(Task brief): Output the lines below exactly, please, from the first line until the line with "of the station.", counting both.

(Supplied material):

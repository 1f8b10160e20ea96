//! The classes of the gateway package that look at Ethernet frames: HostEtherFilter and EtherMirror.

ghost use Rattle.std.specs.Prelude.{◌≡◌};
ghost use Rattle.click_classes.specs.Acts.{made_or};
ghost use Rattle.click_classes.specs.Gateway.{host_verdict, frame_mirror};
ghost use Rattle.click_classes.specs.Made.{host_ether_filter, without_arguments};
ghost use Rattle.click_classes.specs.declared.state.State.{State};

use crate::arguments::Arguments;
use crate::classes::plain::without_arguments;
use crate::fault::ArgFault;
use crate::packet_effects::Verdict;
use crate::state::State;
use crate::values::ethernet::ethernet;
use click_gateway::{is_for, is_for_group, mirror_frame};
use click_packet::Packet;

/// `HostEtherFilter(ETHER)` forwards the Ethernet frames for one station. It is in the package
/// `gateway`.
///
/// - Arguments: ETHER, the Ethernet address of the station.
/// - Ports: one agnostic input; one agnostic output, and optionally a push output 1.
/// - Packets are Ethernet frames. A frame to ETHER is forwarded. A frame to a group, such as a
///   broadcast, is pushed to output 1 if that is connected, and is dropped otherwise. All other
///   frames are dropped, and so are packets of fewer than 14 bytes. If a pulled packet is not
///   forwarded, the pull returns no packet.
/// - Handlers: none.
///
/// ```click
/// require(gateway);
/// FromDevice(a) -> h :: HostEtherFilter(2:0:0:0:0:1) -> Discard;
/// h [1] -> Discard;
/// ```
///
/// ```calls
/// require(gateway); FromDevice(a) -> h :: HostEtherFilter(2:0:0:0:0:1) -> Queue -> ToDevice(x);
/// h [1] -> Queue -> ToDevice(y);
/// > arrive a 0200000000010200000000aa0800
/// entered 1
/// > arrive a ffffffffffff0200000000aa0806
/// entered 1
/// > arrive a 0200000000020200000000aa0800
/// entered 1
/// > transmit x
/// sent 0200000000010200000000aa0800 0 0.0.0.0
/// > transmit x
/// sent none
/// > transmit y
/// sent ffffffffffff0200000000aa0806 0 0.0.0.0
/// > transmit y
/// sent none
/// ```
#[tactic(auto, unfolding(crate::specs::Made::host_ether_filter))]
pub fn make_host_ether_filter(arguments: &Arguments) -> Result<State, ArgFault>
    ensures { result ≡ host_ether_filter arguments.now }
{
    if !arguments.are(1, 1) {
        return Err(ArgFault::ArgumentCount);
    }
    Ok(State::HostEtherFilter {
        ether: ethernet(arguments.at(0))?,
    })
}

/// Returns where a HostEtherFilter with this address sends a packet.
pub fn host_verdict(ether: [u8; 6], packet: &Packet) -> Verdict
    ensures { result ≡ host_verdict ether packet.now }
{
    if is_for(packet, ether) {
        Verdict::Forward
    } else if is_for_group(packet) {
        Verdict::SideOutput
    } else {
        Verdict::Dropped
    }
}

/// `EtherMirror` exchanges the two addresses of Ethernet frames. It is in the package `gateway`.
///
/// - Arguments: none.
/// - Ports: one agnostic input, one agnostic output.
/// - Packets are Ethernet frames. The destination (bytes 0 to 5) and the source (bytes 6 to 11) are
///   exchanged. A packet of fewer than 14 bytes is dropped. If such a packet was pulled, the pull
///   returns no packet.
/// - Handlers: none.
///
/// ```click
/// require(gateway);
/// FromDevice(a) -> EtherMirror -> Discard;
/// ```
///
/// ```calls
/// require(gateway); FromDevice(a) -> EtherMirror -> Queue -> ToDevice(x);
/// > arrive a 0200000000010200000000aa0800ff
/// entered 1
/// > transmit x
/// sent 0200000000aa0200000000010800ff 0 0.0.0.0
/// > arrive a 0200000000010200000000aa08
/// entered 1
/// > transmit x
/// sent none
/// ```
pub fn make_ether_mirror(arguments: &Arguments) -> Result<State, ArgFault>
    ensures { result ≡ without_arguments State.EtherMirror arguments.now }
{
    without_arguments(State::EtherMirror, arguments)
}

/// Exchanges the addresses of a frame. All other packets are left unchanged, and are dropped.
pub fn turn_frame(packet: &mut Packet) -> Verdict
    ensures { (state : State) → made_or state (frame_mirror packet.old) packet.old Verdict.Dropped ≡ record { state = state; packet = packet.new; verdict = result } }
{
    if mirror_frame(packet) {
        Verdict::Forward
    } else {
        Verdict::Dropped
    }
}
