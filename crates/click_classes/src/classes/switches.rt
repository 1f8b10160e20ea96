//! The switches: Switch, PullSwitch, RoundRobinSwitch and Suppressor.

ghost use Rattle.std.specs.Prelude.{◌≡◌};
ghost use Rattle.click_classes.specs.Made.{without_arguments, switch_port, suppressor, switch, pull_switch};

use crate::arguments::Arguments;
use crate::classes::plain::without_arguments;
use crate::fault::ArgFault;
use crate::state::State;
use crate::values::number::number_or_minus_one;

/// Returns the port of the switch; `None` for -1.
#[tactic(auto, unfolding(crate::specs::Made::switch_port))]
fn switch_port(arguments: &Arguments) -> Result<Option<u8>, ArgFault>
    ensures { result ≡ switch_port arguments.now }
{
    if !arguments.are(0, 1) {
        return Err(ArgFault::ArgumentCount);
    }
    let Some(bytes) = arguments.get(0) else {
        return Ok(Some(0));
    };
    match number_or_minus_one(bytes, 255)? {
        Some(number) => Ok(Some(number as u8)),
        None => Ok(None),
    }
}

/// `Switch([OUTPUT])` sends packets to one of its outputs.
///
/// - Arguments: OUTPUT, a number from 0 to 255, or -1; default 0.
/// - Ports: one push input; push outputs, at least OUTPUT + 1 and at most 256.
/// - A packet goes to output OUTPUT. If OUTPUT is -1, it is dropped.
/// - Read handlers: `switch`, the value of OUTPUT.
/// - Write handlers: `switch`, -1 or a number below the number of outputs (not a number, out of
///   range).
///
/// ```click
/// FromDevice(a) -> s :: Switch(1); s -> Discard; s [1] -> Discard;
/// ```
///
/// ```calls
/// FromDevice(a) -> s :: Switch(1); s -> c0 :: Counter -> Discard;
/// s [1] -> c1 :: Counter -> Discard; FromDevice(b) -> Switch(-1) -> c2 :: Counter -> Discard;
/// > poll a 61,62
/// entered 2
/// > read c0.count
/// value 30
/// > read c1.count
/// value 32
/// > arrive b 61
/// entered 1
/// > read c2.count
/// value 30
/// ```
#[tactic(auto, unfolding(crate::specs::Made::switch))]
pub fn make_switch(arguments: &Arguments) -> Result<State, ArgFault>
    ensures { result ≡ switch arguments.now }
{
    let output = switch_port(arguments)?;
    Ok(State::Switch { output })
}

/// `PullSwitch([INPUT])` pulls packets from one of its inputs.
///
/// - Arguments: INPUT, a number from 0 to 255, or -1; default 0.
/// - Ports: pull inputs, at least INPUT + 1 and at most 256; one pull output.
/// - A pull pulls from input INPUT. If INPUT is -1, it pulls from none and returns no packet.
/// - Read handlers: `switch`, the value of INPUT.
/// - Write handlers: `switch`, -1 or a number below the number of inputs (not a number, out of
///   range).
///
/// ```click
/// FromDevice(a) -> Queue -> s :: PullSwitch(0) -> ToDevice(b);
/// ```
///
/// ```calls
/// FromDevice(a) -> Queue -> s :: PullSwitch(1) -> ToDevice(x); FromDevice(b) -> Queue -> [1] s;
/// FromDevice(c) -> q :: Queue -> PullSwitch(-1) -> ToDevice(y);
/// > arrive a 01
/// entered 1
/// > arrive b 02
/// entered 1
/// > transmit x
/// sent 02 0 0.0.0.0
/// > transmit x
/// sent none
/// > arrive c 03
/// entered 1
/// > transmit y
/// sent none
/// > read q.length
/// value 31
/// ```
#[tactic(auto, unfolding(crate::specs::Made::pull_switch))]
pub fn make_pull_switch(arguments: &Arguments) -> Result<State, ArgFault>
    ensures { result ≡ pull_switch arguments.now }
{
    let input = switch_port(arguments)?;
    Ok(State::PullSwitch { input })
}

/// `RoundRobinSwitch` sends packets to its outputs in turn.
///
/// - Arguments: none.
/// - Ports: one push input, 1 to 256 push outputs.
/// - The first packet goes to output 0, and each later one to the next output. Output 0 follows the
///   last.
/// - Handlers: none.
///
/// ```click
/// FromDevice(a) -> r :: RoundRobinSwitch; r -> Discard; r [1] -> Discard;
/// ```
///
/// ```calls
/// FromDevice(a) -> r :: RoundRobinSwitch; r -> Queue -> ToDevice(x);
/// r [1] -> Queue -> ToDevice(y); r [2] -> Queue -> ToDevice(z);
/// > poll a 01,02,03,04
/// entered 4
/// > transmit x
/// sent 01 0 0.0.0.0
/// > transmit x
/// sent 04 0 0.0.0.0
/// > transmit y
/// sent 02 0 0.0.0.0
/// > transmit z
/// sent 03 0 0.0.0.0
/// > transmit z
/// sent none
/// ```
pub fn make_round_robin_switch(arguments: &Arguments) -> Result<State, ArgFault>
    ensures { result ≡ without_arguments (State.RoundRobinSwitch 0) arguments.now }
{
    without_arguments(State::RoundRobinSwitch { next: 0 }, arguments)
}

/// `Suppressor` passes packets at its active ports.
///
/// - Arguments: none.
/// - Ports: 1 to 16 agnostic inputs, and as many agnostic outputs.
/// - A packet passes from input I to output I if port I is active, as all ports are at first. At a
///   port that is not active, a pushed packet is dropped, and a pull returns no packet and does not
///   pull.
/// - Read handlers: `active0` to `active15`, whether the port is active (out of range if the
///   element has no such port).
/// - Write handlers: `active0` to `active15`, a truth value (out of range, which is tested first;
///   not a truth value).
///
/// ```click
/// FromDevice(a) -> s :: Suppressor -> Discard; FromDevice(b) -> [1] s [1] -> Discard;
/// ```
///
/// ```calls
/// FromDevice(a) -> s :: Suppressor -> Queue -> ToDevice(x);
/// FromDevice(b) -> [1] s [1] -> Queue -> ToDevice(y);
/// FromDevice(c) -> [2] s [2] -> Queue -> ToDevice(z);
/// > arrive c 63
/// entered 1
/// > transmit x
/// sent none
/// > transmit y
/// sent none
/// > transmit z
/// sent 63 0 0.0.0.0
/// > arrive a 61
/// entered 1
/// > transmit x
/// sent 61 0 0.0.0.0
/// ```
pub fn make_suppressor(arguments: &Arguments) -> Result<State, ArgFault>
    ensures { result ≡ without_arguments suppressor arguments.now }
{
    without_arguments(State::Suppressor { active: [true; 16] }, arguments)
}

(The completed task):
repository 1f8b10160e20ea96
//! The classes of the gateway package that look at Ethernet frames: HostEtherFilter and EtherMirror.

ghost use Rattle.std.specs.Prelude.{◌≡◌};
ghost use Rattle.click_classes.specs.Acts.{made_or};
ghost use Rattle.click_classes.specs.Gateway.{host_verdict, frame_mirror};
ghost use Rattle.click_classes.specs.Made.{host_ether_filter, without_arguments};
ghost use Rattle.click_classes.specs.declared.state.State.{State};

use crate::arguments::Arguments;
use crate::classes::plain::without_arguments;
use crate::fault::ArgFault;
use crate::packet_effects::Verdict;
use crate::state::State;
use crate::values::ethernet::ethernet;
use click_gateway::{is_for, is_for_group, mirror_frame};
use click_packet::Packet;

/// `HostEtherFilter(ETHER)` forwards the Ethernet frames for one station. It is in the package
/// `gateway`.
///
/// - Arguments: ETHER, the Ethernet address of the station.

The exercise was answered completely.